RECORD EXTRACTS Start Marker
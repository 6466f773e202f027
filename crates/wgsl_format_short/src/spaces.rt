//! What is between two tokens.

ghost use Rattle.std.specs.Prelude.{◌≡◌, chars};
ghost use Rattle.wgsl_lex_token.specs.View.{class_of_kind};
ghost use Rattle.wgsl_model.specs.Tokens.Trivia.{first_or_zero};
ghost use Rattle.wgsl_model_short.specs.Shortest.{gap};
ghost use Rattle.wgsl_model_short.specs.Spaces as model;

use unicode_ident::is_xid_continue;
use wgsl_lex_token::kind::TokenKind;

/// Whether a kind is a keyword, an identifier, a reserved word, a number or `_`.
fn is_word_or_number(kind: TokenKind) -> bool
    ensures { result ≡ model.is_word_or_number (class_of_kind kind) }
{
    let class = kind as u8;
    (TokenKind::KwAlias as u8 <= class && class <= TokenKind::F16 as u8)
        || class == TokenKind::SymUnderscore as u8
}

/// Whether a token of a kind may go on with a character.
fn goes_on(kind: TokenKind, next: char) -> bool
    ensures { result ≡ model.goes_on (class_of_kind kind) next }
{
    match kind {
        TokenKind::SymAnd => matches!(next, '&' | '='),
        TokenKind::SymOr => matches!(next, '|' | '='),
        TokenKind::SymPlus => matches!(next, '+' | '='),
        TokenKind::SymMinus => matches!(next, '-' | '=' | '>'),
        TokenKind::SymForwardSlash => matches!(next, '/' | '*' | '='),
        TokenKind::SymGreaterThan => matches!(next, '>' | '='),
        TokenKind::SymLessThan | TokenKind::TemplateArgsStart => matches!(next, '<' | '='),
        TokenKind::SymEqual
        | TokenKind::SymBang
        | TokenKind::SymStar
        | TokenKind::SymModulo
        | TokenKind::SymXor
        | TokenKind::SymShiftLeft
        | TokenKind::SymShiftRight => next == '=',
        TokenKind::SymPeriod => next.is_ascii_digit(),
        TokenKind::AbstractInt => next == '.' || is_xid_continue(next),
        _ => is_word_or_number(kind) && is_xid_continue(next),
    }
}

/// The first character of a text, or U+0000.
fn first(text: &str) -> char
    ensures { result ≡ first_or_zero (chars text.now) }
{
    text.chars().next().unwrap_or('\0')
}

/// What is between a token of a kind and the next token.
pub(crate) fn gap(last: TokenKind, next: &str) -> &'static str
    ensures { chars result.now ≡ gap (class_of_kind last) (chars next.now) }
{
    if goes_on(last, first(next)) { " " } else { "" }
}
RECORD EXTRACTS End Marker
**GOAL OF THE EXERCISE**
From the line containing "fn first(text: &str) -> char" down to the last line of the listing above, give every line again exactly, and add nothing.

**RESPONSE**
fn first(text: &str) -> char
    ensures { result ≡ first_or_zero (chars text.now) }
{
    text.chars().next().unwrap_or('\0')
}

/// What is between a token of a kind and the next token.
pub(crate) fn gap(last: TokenKind, next: &str) -> &'static str
    ensures { chars result.now ≡ gap (class_of_kind last) (chars next.now) }
{
    if goes_on(last, first(next)) { " " } else { "" }
}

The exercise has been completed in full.